Were grindstones in the mill of the New Life,

Grounding the self down to dust,

Weakening the mind so that it could be

Utterly annihilated in Manonash.

You pioneered a simple yet strenuous path

For the ego-less life in these modern times.

O Baba, help us to rely on You and You alone

As we follow in the footsteps of Your perfect humility!

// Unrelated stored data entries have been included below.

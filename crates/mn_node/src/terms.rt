//! Terms that are made.

ghost use Rattle.std.specs.Prelude.{◌≡◌, ℕ, pos, codes, map, [], IfOk, OnErr};
ghost use Rattle.term_core.specs.Tree as trees;
ghost use Rattle.term_core.specs.View.{tree_of};
ghost use Rattle.db_model.specs.Options.{option_shape};

use sqlite_items::Items;
use std::alloc::{AllocError, Global};
use term_core::{Atom, Term};

/// The atom of a text. The texts that are given are of at most 255 characters, so that only memory may be wanting.
pub fn atom(alloc: Global, text: &str) -> Result<Term, AllocError>
    ensures { IfOk result (λ term. tree_of term ≡ trees.atom text.now) }
{
    match Atom::new(alloc, text) {
        Ok(atom) => Ok(Term::Atom(atom)),
        Err(_) => Err(AllocError),
    }
}

/// A name that equals this one.
pub fn copied_name(alloc: Global, name: &Atom) -> Result<Atom, AllocError>
    ensures { IfOk result (λ copy. copy ≡ name.now) }
{
    name.try_clone(alloc).map_err(|_| AllocError)
}

/// The atom of a name.
pub fn named(alloc: Global, name: &Atom) -> Result<Term, AllocError>
    ensures { IfOk result (λ term. tree_of term ≡ trees.atom name.now) }
{
    Ok(Term::Atom(copied_name(alloc, name)?))
}

/// `{size,Count}`
pub fn size_option(alloc: Global, count: u64) -> Result<Term, AllocError>
    ensures { IfOk result (λ term. tree_of term ≡ option_shape (codes "size") (trees.int (pos count))) }
{
    let mut parts = Items::new(alloc);
    parts.push(atom(alloc, "size")?)?;
    parts.push(Term::Int(count as i128))?;
    Ok(Term::Tuple(parts))
}

/// Copies of these terms. Where there are none it takes no memory.
pub fn copies(alloc: Global, terms: &[Term]) -> Result<Items<Term>, AllocError>
    ensures some { OnErr result (map tree_of terms.now ≡ [] → ⊥) }
    ensures found { IfOk result (λ copies. map tree_of copies ≡ map tree_of terms.now) }
{
    let mut copies = Items::new(alloc);
    for term in terms {
        copies.push(copied(alloc, term)?)?;
    }
    Ok(copies)
}

/// A term that equals this one.
fn copied(alloc: Global, term: &Term) -> Result<Term, AllocError>
    ensures { IfOk result (λ copy. copy ≡ term.now) }
{
    term.try_clone(alloc).map_err(|_| AllocError)
}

Dear, sweet Baba, we now ardently await

Your Universal Manifestation.

You said it will be the greatest

Of all the Avatars of ages past,

For never have such secrets been revealed

As You have revealed in Your scriptures,

And never have You told the masses so clearly

That You and we mortals too

Are in truth immortal and ineffable God.

But we are still young in Your love,

And so some questions might arise:

Has your lovely voice been heard

Speaking the Word to end all words?

Will Your love provide the leaven

To raise us to an earthly heaven?

Has Your Manifestation been; will it be; is it now?

Help! I’m caught in the mind’s wherefore and where-how!

Surely, there is no need to wonder:

Your love is rolling like silent thunder.

During Your supreme manifestation

The chalice of the heart shall overflow

With the sweetest wine there ever was.

A sip of Your love-wine

Brings on blissful oblivion,

For it washes away our troubles

As the ocean waves smooth the sand.

Making Your name our very breath,

Faithfully saying Your sacred prayers,

Visiting places where You have been,

And selflessly serving You in other people

Are part of the process by which Baba

Distills a wine of rarest vintage.

So let Him make wine, make wine I say,

And let us drink deeply of its bliss!

Once this wine passes your lips

You will know that it is truly

The most precious gift in all the universe.

This love-wine will cause all to speak

The words we are destined to speak:

O what love sublime! O what love divine!

To melt in the fire of that fervent desire…

To enter Your abode of infinite light…

Ah, to be with You once more “under the stars…”

O Baba, our lives’ quest will not be in vain!

We will reunite with You

As You manifest most perfectly

In the hearts of Your lovers!

O Meher, Meher,

Rest well in God’s lair.

Until You come again,

May Your life make us long

For that love which You are—

A love so beautiful, pure, and true,

It makes our hearts cry out to You:

O Baba, You are Perfection Personified!